Namun, apakah dengan meminta maaf kepada anak tidak akan menurunkan wibawa kita sebagai orangtua? Tentu saja tidak kalau kita tahu pesis bagaimana cara yang tepat untuk meminta maaf kepada anak. Inilah beberapa langkah meminta maaf pada anak tanpa membuat kita harus kehilangan wibawa di depan anak-anak.
1. Mengaku bersalah. Mengaku bersalah kepada anak teryata bukan hal yang mudah dilakukan oleh para orangtua, karena orangtua seringkali merasa gengsi. Lupakanlah gengsi itu, kalau memang kita tak ingin masalah yang ada terus berlanjut. Sadari bahwa permasalahan itu muncul akibat kesalahan kita dan akui itu di hadapan anak. Dengan demikian, anak akan merasa diperlakukan secara adil. Mengakui kesalahan merupakan salah satu faktor penting dalam meminta maaf.
2. Tulus. Meminta maaf sebaiknya dilakukan secara tulus. Jangan mencoba untuk membohongi anak karena anak-pun punya perasaan. Anak akan tahu dan merasakan itu saat kita meminta maaf hanya sebagai basa-basi. Akibatnya, anak akan merasa dibohongi, dan ini akan dapat menumbuhkan rasa ketidakpercayaan anak kepada kita sebagai orangtua.
3. Tenang. Meminta maaf sebaiknya dilakukan setelah kita merasa lebih tenang. Meminta maaf dalam keadaan emosi tidak akan membuahkan hasil seperti yang kita harapkan. Kalau kita belum bisa bersikap tenang, katakan kepada anak bahwa kita butuh waktu untuk sendiri, sebelum melanjutkan pembicaraan dengannya. Kemudian, pikirkan apa yang terjadi dan apa penyebabnya agar pikiran jadi tenang.
4. Tepat sasaran. Katakan permintaan maaf kita secara langsung dan dalam kalimat yang tidak berbelit-belit. Ingat, yang kita mintakan maaf adalah sikap kita yang baru saja terjadi, bukan kepribadian kita. Misalnya, kita meminta maaf atas kemarahan dan ucapan kita yang kasar kepada anak, bukan atas kepribadian Anda yang emosional.

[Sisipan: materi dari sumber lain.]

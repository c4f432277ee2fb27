// The tree of all nonempty cores: what it is, and its laws. The functions do nothing; each carries
// a theorem in its contract.

#![tactic(auto)]

mod changes;
mod shape;

pub use changes::{
    front_of_network, off_in_either_order, off_needs_no_more, off_network, one_in_front,
    one_taken_off,
};
pub use shape::{
    cores_split, lines_lie_together, lnz_is_last, one_parent, one_path, one_tree, records_cores,
    room_is_counted,
};
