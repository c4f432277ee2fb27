// What a layer put in front of a tree, or taken off it, does.

ghost use Rattle.trees.specs.Theorems.{OneInFront, OneTakenOff, FrontOfNetwork, OffNetwork, OffInEitherOrder, OffNeedsNoMore};

// A layer put in front gives one tree, whatever networks the others came from.
pub fn one_in_front()
    ensures { OneInFront }
{}

// A layer taken off gives one tree, whatever networks the layers came from.
pub fn one_taken_off()
    ensures { OneTakenOff }
{}

// Over one network, a layer put in front gives the tree on the longer order.
pub fn front_of_network()
    ensures { FrontOfNetwork }
{}

// Over one network, a layer taken off gives the tree on the shorter order.
pub fn off_network()
    ensures { OffNetwork }
{}

// Two layers taken off leave the same tree in either order.
pub fn off_in_either_order()
    ensures { OffInEitherOrder }
{}

// A layer taken off leaves no more nodes, and no more stored vertices.
pub fn off_needs_no_more()
    ensures { OffNeedsNoMore }
{}
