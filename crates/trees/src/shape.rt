// What holds of a tree as it stands.

ghost use Rattle.trees.specs.Theorems.{LnzIsLast, OneTree, RecordsCores, OneParents, OnePaths, CoresSplit, LinesLieTogether, RoomIsCounted};

// lnz is the last position with a nonzero demand, and 1 for the zero vector.
pub fn lnz_is_last()
    ensures { LnzIsLast }
{}

// A network has one tree on each order.
pub fn one_tree()
    ensures { OneTree }
{}

// What the tree of a network records are its cores.
pub fn records_cores()
    ensures { RecordsCores }
{}

// Each node but the root has one parent.
pub fn one_parent()
    ensures { OneParents }
{}

// One path leads from the root to each place.
pub fn one_path()
    ensures { OnePaths }
{}

// The core at a node is what it stores and, apart from that, the core at its child at the last
// position.
pub fn cores_split()
    ensures { CoresSplit }
{}

// The child at the last position stands at the next place, and what is stored on a line stands side
// by side.
pub fn lines_lie_together()
    ensures { LinesLieTogether }
{}

// A tree has more than so many nodes, or stored vertices, just if its cores ask for more.
pub fn room_is_counted()
    ensures { RoomIsCounted }
{}
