//! One session over one stream: what it may be and how it is served, whatever hall answers and in whatever pieces the bytes come.
#![tactic(auto)]

mod ends;
mod headline_laws;
mod heard;
mod input;
mod laws;
mod refused_heads;
mod step_runs;
mod steps;
mod texts;
mod whole_session;
mod writer;

pub use ends::End;
pub use headline_laws::{complete_law, exchange_law, headline_law};
pub use laws::{acts_close_law, acts_hall_law, acts_more_law, acts_push_law, acts_then_law};
pub use venue_hall::{Built, Venue, build, every_venue, one_outcome};
pub use venue_wire::Front;
pub use whole_session::serve_session;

5. Jangan menyalahkan. Jangan sekali-kali kita balik menyalahkan anak hanya untuk membenarkan sikap kita sendiri. Misalnya, kita mengatakan kepada anak bahwa ”Seandainya kamu tidak malas, ibu tidak akan marah terus kepadamu”. Ini sama saja kita tidak meminta maaf, melainkan justru menyalahkan anak yang berakibat semakin meruncingnya permasalahan.
6. Meminta maaf. Akui bahwa kita bersalah dan bertanyalah kepada anak apakah ia mau memaafkan kita. Dialog ini akan mempermudah kita untuk mengungkapkan penyesalan, sekaligus membuat anak belajar memahami cara memperbaiki hubungan.

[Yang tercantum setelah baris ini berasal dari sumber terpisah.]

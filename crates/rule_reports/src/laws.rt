//! What fixes a report, and what the report of one phase after another is.

ghost use Rattle.std.specs.Prelude.{◌≡◌, ◌≢◌, ◌↔◌, List, []};
ghost use Rattle.venue_types.specs.declared.finding.Finding.{Finding};
ghost use Rattle.venue_types.specs.declared.finding.Note.{Note};
ghost use Rattle.venue_types.specs.declared.finding.Report.{Report};
ghost use Rattle.rule_reports.specs.Reports.{IsReport, IsNoteList, First, IsShortReport};

/// A phase of rules: at which places one is broken. Any predicate is one.
pub trait Phase {
    ghost breaks: { Finding → Type 0 };
}

/// What is worth a note: at which places. Any predicate is one.
pub trait Noting {
    ghost notes: { Note → Type 0 };
}

/// A phase has one report at most.
pub fn one_report<P: Phase>()
    ensures { (xs ys : List Finding) → IsReport P.breaks xs → IsReport P.breaks ys → xs ≡ ys }
{}

/// Its first findings and their number are fixed.
pub fn one_short_report<P: Phase>()
    ensures { (short other : Report) → IsShortReport P.breaks short → IsShortReport P.breaks other → short ≡ other }
{}

/// Of one phase after another, the first phase's report is the whole one unless it is empty, and then the second's is.
pub fn phase_after_phase<P: Phase, Q: Phase>()
    ensures stops { (findings : List Finding) → findings ≢ [] → IsReport P.breaks findings → IsReport (First P.breaks Q.breaks) findings }
    ensures goes_on { (findings : List Finding) → IsReport P.breaks [] → IsReport Q.breaks findings → IsReport (First P.breaks Q.breaks) findings }
{}

/// What is worth a note makes one list at most.
pub fn one_list_of_notes<N: Noting>()
    ensures { (xs ys : List Note) → IsNoteList N.notes xs → IsNoteList N.notes ys → xs ≡ ys }
{}

/// Phases in which the same is broken share their report, and its first findings.
pub fn shared_report<P: Phase, Q: Phase>()
    ensures report { ((x : Finding) → P.breaks x ↔ Q.breaks x) → (findings : List Finding) → IsReport P.breaks findings → IsReport Q.breaks findings }
    ensures short { ((x : Finding) → P.breaks x ↔ Q.breaks x) → (short : Report) → IsShortReport P.breaks short → IsShortReport Q.breaks short }
{}

/// What is worth a note by two predicates that agree on every place is one list.
pub fn shared_notes<N: Noting, M: Noting>()
    ensures list { ((x : Note) → N.notes x ↔ M.notes x) → (notes : List Note) → IsNoteList N.notes notes → IsNoteList M.notes notes }
    ensures one { ((x : Note) → N.notes x ↔ M.notes x) → (xs ys : List Note) → IsNoteList N.notes xs → IsNoteList M.notes ys → xs ≡ ys }
{}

7. Evaluasi. Ajaklah anak untuk melihat dan mengevaluasi kembali bagaimana kita bisa menyelesaikan suatu permasalahan dengan baik. Buatlah kesepakatan dengan anak mengenai cara yang sebaiknya dilakukan bila masalah yang sama terjadi lagi nanti.

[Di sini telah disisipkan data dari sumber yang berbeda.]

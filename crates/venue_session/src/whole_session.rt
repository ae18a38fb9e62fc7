//! A whole session.

ghost use Rattle.std.specs.Prelude.{◌≡◌, ◌≤◌, ℕ, [], List};
ghost use Rattle.venue_hall.specs.Histories.{IsLegal};
ghost use Rattle.venue_session.specs.Ends.{connection_between};
ghost use Rattle.venue_session.specs.Going.{Moment, moment, IsGoing, StaysShort, HasEnded, WaitsOrEnded};
ghost use Rattle.venue_session.specs.Moments.{IsPrompt, reads_between};
ghost use Rattle.venue_session.specs.Sessions.{IsSession, HasServed};

use crate::ends::End;
use crate::heard::{Heard, read_on};
use crate::input::Input;
use crate::step_runs::{Stop, run_steps};
use std::alloc::Global;
use venue_hall::Hall;
use venue_ports::Stream;
use venue_wire::{Front, more_is_short_law};

// Behind so many bytes a session ends by itself, once all the messages in them are answered.
const MOST: u64 = 1 << 40;

// Acts on the messages that wait, where there are enough bytes for one.
fn run_where_due<H: Hall, L: Stream>(
    alloc: Global,
    hall: &mut H,
    front: &Front,
    connection: &mut L,
    input: &mut Input,
    least: usize,
) -> Stop
    ensures { (first : Moment) (taken : ℕ)
        → IsGoing front.now first (moment (H.facts hall.old) (L.left connection.old) (L.written connection.old) (L.starts connection.old) (L.faults connection.old)) taken
        input.old
        → StaysShort input.old least
        → WaitsOrEnded front.now first (moment (H.facts hall.new) (L.left connection.new) (L.written connection.new) (L.starts connection.new) (L.faults connection.new)) taken
        input.new result }
{
    if input.waiting().len() < least {
        Stop::Waiting(least)
    } else {
        run_steps(alloc, hall, front, connection, input)
    }
}

// Reads and runs in turn, from an input in which nothing waits.
fn serve<H: Hall, L: Stream>(
    alloc: Global,
    hall: &mut H,
    front: &Front,
    connection: &mut L,
    input: &mut Input,
) -> End
    requires legal { IsLegal (H.facts hall.old).seen }
    requires empty { input.old ≡ [] }
    ensures { HasEnded front.now (moment (H.facts hall.old) (L.left connection.old) (L.written connection.old) (L.starts connection.old) (L.faults connection.old))
        (moment (H.facts hall.new) (L.left connection.new) (L.written connection.new) (L.starts connection.new) (L.faults connection.new)) result }
{
    more_is_short_law();
    let mut taken: u64 = 0;
    let mut least = 0;
    'reads: while taken < MOST {
        match read_on(connection, input) {
            Heard::Ended(end) => return end,
            Heard::More(count) => taken += count as u64,
        }
        match run_where_due(alloc, hall, front, connection, input, least) {
            Stop::Ended(end) => return end,
            Stop::Waiting(next) => least = next,
        }
    }
    End::Worn
}

/// Serves one session over a connection, and tells how it ended. Messages are acted on in the order in which their bytes come, in
/// whatever pieces, and the text for each is written whole before the next is acted on. Whenever it reads, all whole messages that
/// have come are answered, none of them closes, and no refused head waits.
///
/// It ends `Done` where the input ends between two messages, or behind a message that closes; `Cut` with the number of bytes of
/// an unfinished message; `Refused` with the status of a refused head, whose text is written and closes; `Worn` behind 2^40 bytes
/// of input; `LinkFault` where a read or a write failed; `OutOfMemory` where memory ran out for the buffer, or for the text of
/// an accepted change. For want of memory any other reply is 503, also to a message that couldn't be read, and the session goes on; a
/// message that is refused by itself is told why in any case. The connection is not closed.
///
/// It takes 81,920 bytes of memory once, and else what a message and its text take while it is acted on. Beside the hall's time
/// it takes time in proportion to the bytes; those of a head that has no end yet are looked at again at each read, those of a
/// body are not.
pub fn serve_session<H: Hall, L: Stream>(
    alloc: Global,
    hall: &mut H,
    front: &Front,
    connection: &mut L,
) -> End
    ensures session { IsSession front.now (H.facts hall.old) (H.facts hall.new) (connection_between L.Stream connection.old connection.new) result }
    ensures prompt { IsPrompt front.now (H.facts hall.old) (reads_between L.Stream connection.old connection.new) }
    ensures hall { HasServed (H.facts hall.old) (H.facts hall.new) }
    ensures connection { L.faults connection.old ≤ L.faults connection.new }
{
    // By its number what the hall has seen is a legal history.
    let _number = hall.number();
    match Input::new(alloc) {
        Ok(mut input) => serve(alloc, hall, front, connection, &mut input),
        Err(_error) => End::OutOfMemory,
    }
}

8. Lupakan. Bagaimanapun juga, walaupun kita sebagai orangtua, kita hanya seorang manusia, yang tentu tidak sempurna dan bisa berbuat salah. Namun, jangan terus berkutat pada rasa bersalah kita. Setelah meminta maaf, lupakan masalah tersebut dan berusahalah untuk tidak mengulanginya lagi, sama seperti ketika kita meminta anak-anak untuk tidak mengulang kesalahannya.
9. Jangan berlebihan. Berlebihan dan selalu meminta maaf, bahkan untuk hal-hal yang sangat sepele, justru akan membuat kita kehilangan wibawa. Mintalah maaf kepada anak karena kita memang bersalah, bukan karena kita berusaha menerapkan disiplin atau hukuman yang diberlakukan di dalam rumah.